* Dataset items

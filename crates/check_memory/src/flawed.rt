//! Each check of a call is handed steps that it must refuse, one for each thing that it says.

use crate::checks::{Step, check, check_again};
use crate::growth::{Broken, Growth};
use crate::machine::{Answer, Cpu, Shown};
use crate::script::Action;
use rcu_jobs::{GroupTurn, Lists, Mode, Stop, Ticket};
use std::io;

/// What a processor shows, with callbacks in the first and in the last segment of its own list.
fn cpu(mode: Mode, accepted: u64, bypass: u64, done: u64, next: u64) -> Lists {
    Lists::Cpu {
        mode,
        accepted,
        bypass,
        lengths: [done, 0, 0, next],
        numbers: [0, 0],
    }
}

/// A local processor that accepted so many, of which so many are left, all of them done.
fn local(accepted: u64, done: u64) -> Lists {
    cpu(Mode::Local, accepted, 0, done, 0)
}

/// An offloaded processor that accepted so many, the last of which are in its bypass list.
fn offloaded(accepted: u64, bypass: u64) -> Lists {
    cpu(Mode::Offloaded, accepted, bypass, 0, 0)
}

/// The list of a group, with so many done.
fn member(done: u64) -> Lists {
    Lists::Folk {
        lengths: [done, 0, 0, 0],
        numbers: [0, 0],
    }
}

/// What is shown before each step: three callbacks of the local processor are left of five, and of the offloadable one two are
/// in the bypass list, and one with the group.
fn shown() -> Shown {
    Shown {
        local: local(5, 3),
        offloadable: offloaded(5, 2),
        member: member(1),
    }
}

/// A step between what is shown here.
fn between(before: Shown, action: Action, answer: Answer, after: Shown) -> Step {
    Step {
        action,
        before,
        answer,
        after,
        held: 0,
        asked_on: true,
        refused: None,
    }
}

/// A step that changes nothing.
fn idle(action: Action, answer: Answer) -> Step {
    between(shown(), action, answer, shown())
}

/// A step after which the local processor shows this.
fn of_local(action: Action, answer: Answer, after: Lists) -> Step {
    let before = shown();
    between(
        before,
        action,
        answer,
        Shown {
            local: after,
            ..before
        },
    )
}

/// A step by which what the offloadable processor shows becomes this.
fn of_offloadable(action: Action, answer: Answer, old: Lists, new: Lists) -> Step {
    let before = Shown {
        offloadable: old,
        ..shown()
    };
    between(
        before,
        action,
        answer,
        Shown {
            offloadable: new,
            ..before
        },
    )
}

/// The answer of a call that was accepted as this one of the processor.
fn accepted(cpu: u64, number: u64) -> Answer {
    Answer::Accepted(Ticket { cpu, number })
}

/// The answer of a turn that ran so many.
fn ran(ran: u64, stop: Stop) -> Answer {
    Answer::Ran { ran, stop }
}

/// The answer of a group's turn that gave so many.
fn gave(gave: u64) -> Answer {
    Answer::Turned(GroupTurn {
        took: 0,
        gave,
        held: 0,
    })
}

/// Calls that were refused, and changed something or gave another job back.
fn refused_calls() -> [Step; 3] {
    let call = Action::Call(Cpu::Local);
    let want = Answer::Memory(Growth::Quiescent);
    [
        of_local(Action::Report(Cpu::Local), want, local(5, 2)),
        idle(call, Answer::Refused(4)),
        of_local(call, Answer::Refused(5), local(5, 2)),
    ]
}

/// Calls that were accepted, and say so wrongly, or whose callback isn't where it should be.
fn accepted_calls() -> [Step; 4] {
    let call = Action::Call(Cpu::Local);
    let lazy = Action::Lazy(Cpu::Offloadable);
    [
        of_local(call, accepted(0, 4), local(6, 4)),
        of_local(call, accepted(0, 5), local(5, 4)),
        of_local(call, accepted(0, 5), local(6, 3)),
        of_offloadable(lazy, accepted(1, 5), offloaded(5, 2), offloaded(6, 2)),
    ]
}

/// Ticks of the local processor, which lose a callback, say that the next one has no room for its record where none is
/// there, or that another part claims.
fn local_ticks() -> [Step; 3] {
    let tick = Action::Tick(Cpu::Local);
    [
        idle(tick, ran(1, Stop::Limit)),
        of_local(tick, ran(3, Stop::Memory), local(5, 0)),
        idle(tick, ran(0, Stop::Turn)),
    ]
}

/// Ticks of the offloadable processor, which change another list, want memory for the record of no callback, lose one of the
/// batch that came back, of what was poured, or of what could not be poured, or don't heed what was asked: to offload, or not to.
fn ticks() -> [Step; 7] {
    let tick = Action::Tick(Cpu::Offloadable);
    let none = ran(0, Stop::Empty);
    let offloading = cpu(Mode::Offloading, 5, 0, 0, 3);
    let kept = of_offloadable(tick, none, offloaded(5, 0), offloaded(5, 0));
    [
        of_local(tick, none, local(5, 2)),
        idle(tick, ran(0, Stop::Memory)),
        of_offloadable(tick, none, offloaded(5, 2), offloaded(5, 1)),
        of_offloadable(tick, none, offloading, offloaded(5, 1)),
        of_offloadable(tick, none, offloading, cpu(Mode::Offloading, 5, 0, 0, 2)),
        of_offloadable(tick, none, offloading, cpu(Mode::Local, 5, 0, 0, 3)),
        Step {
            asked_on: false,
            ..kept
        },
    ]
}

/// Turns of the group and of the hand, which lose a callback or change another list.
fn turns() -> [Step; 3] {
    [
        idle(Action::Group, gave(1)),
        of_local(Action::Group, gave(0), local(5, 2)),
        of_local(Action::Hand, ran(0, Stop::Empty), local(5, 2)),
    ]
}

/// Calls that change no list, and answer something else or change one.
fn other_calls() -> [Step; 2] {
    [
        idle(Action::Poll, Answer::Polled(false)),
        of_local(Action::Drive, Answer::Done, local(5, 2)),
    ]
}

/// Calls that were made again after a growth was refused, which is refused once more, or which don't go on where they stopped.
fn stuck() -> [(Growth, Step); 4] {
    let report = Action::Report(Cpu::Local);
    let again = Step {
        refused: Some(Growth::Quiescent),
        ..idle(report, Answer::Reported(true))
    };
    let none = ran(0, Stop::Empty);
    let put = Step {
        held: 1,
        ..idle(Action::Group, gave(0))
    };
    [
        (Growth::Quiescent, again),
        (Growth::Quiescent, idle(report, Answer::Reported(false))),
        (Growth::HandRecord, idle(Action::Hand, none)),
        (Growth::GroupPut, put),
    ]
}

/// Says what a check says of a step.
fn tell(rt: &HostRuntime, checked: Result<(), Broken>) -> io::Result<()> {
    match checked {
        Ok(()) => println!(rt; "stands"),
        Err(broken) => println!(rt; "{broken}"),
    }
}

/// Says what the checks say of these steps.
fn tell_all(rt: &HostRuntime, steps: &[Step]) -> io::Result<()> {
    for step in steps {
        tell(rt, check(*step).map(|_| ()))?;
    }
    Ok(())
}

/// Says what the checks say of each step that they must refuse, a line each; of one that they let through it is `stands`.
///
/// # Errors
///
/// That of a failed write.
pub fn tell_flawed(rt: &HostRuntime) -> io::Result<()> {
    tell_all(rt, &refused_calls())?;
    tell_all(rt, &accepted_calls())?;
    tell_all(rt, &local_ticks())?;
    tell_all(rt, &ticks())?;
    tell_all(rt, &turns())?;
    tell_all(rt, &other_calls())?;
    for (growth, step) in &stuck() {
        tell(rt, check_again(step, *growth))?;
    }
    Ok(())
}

--

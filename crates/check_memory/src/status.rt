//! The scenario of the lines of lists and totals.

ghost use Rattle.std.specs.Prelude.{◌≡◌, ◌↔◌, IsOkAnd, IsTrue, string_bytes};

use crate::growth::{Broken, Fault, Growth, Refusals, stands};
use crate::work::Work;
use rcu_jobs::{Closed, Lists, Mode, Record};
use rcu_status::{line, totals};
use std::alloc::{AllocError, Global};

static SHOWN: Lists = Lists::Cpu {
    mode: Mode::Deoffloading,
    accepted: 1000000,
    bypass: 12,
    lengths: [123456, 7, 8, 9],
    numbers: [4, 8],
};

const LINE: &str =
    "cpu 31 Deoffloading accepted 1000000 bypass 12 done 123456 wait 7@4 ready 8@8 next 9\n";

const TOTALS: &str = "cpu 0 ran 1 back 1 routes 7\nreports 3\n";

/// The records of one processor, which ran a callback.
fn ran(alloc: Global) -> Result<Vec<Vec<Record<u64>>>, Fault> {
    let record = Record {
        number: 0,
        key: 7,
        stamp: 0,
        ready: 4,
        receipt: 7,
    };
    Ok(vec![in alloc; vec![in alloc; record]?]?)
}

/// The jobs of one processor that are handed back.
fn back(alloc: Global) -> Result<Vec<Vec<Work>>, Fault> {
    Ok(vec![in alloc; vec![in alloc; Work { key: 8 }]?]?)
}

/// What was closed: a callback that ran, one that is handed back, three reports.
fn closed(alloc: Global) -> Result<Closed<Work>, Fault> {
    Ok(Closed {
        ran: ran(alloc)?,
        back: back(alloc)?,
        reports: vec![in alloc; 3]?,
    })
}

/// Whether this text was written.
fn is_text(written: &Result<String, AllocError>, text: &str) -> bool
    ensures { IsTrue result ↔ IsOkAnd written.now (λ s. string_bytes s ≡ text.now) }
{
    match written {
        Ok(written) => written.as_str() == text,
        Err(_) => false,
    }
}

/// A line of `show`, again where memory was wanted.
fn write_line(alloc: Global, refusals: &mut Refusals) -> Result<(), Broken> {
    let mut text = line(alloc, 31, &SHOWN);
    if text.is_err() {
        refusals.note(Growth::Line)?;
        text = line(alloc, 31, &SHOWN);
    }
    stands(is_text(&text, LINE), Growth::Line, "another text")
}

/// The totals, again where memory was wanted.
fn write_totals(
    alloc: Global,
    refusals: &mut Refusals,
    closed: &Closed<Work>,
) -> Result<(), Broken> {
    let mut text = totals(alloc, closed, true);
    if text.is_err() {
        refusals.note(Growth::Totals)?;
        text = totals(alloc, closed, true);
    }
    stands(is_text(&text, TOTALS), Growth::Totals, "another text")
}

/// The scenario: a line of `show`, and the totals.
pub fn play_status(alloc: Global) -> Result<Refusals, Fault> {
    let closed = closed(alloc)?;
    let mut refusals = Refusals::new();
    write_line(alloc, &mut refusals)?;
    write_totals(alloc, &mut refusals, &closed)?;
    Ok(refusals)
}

* Problem
Across the entries above, how many lines contain "left"? Provide only the count.

* Answer to this exercise
2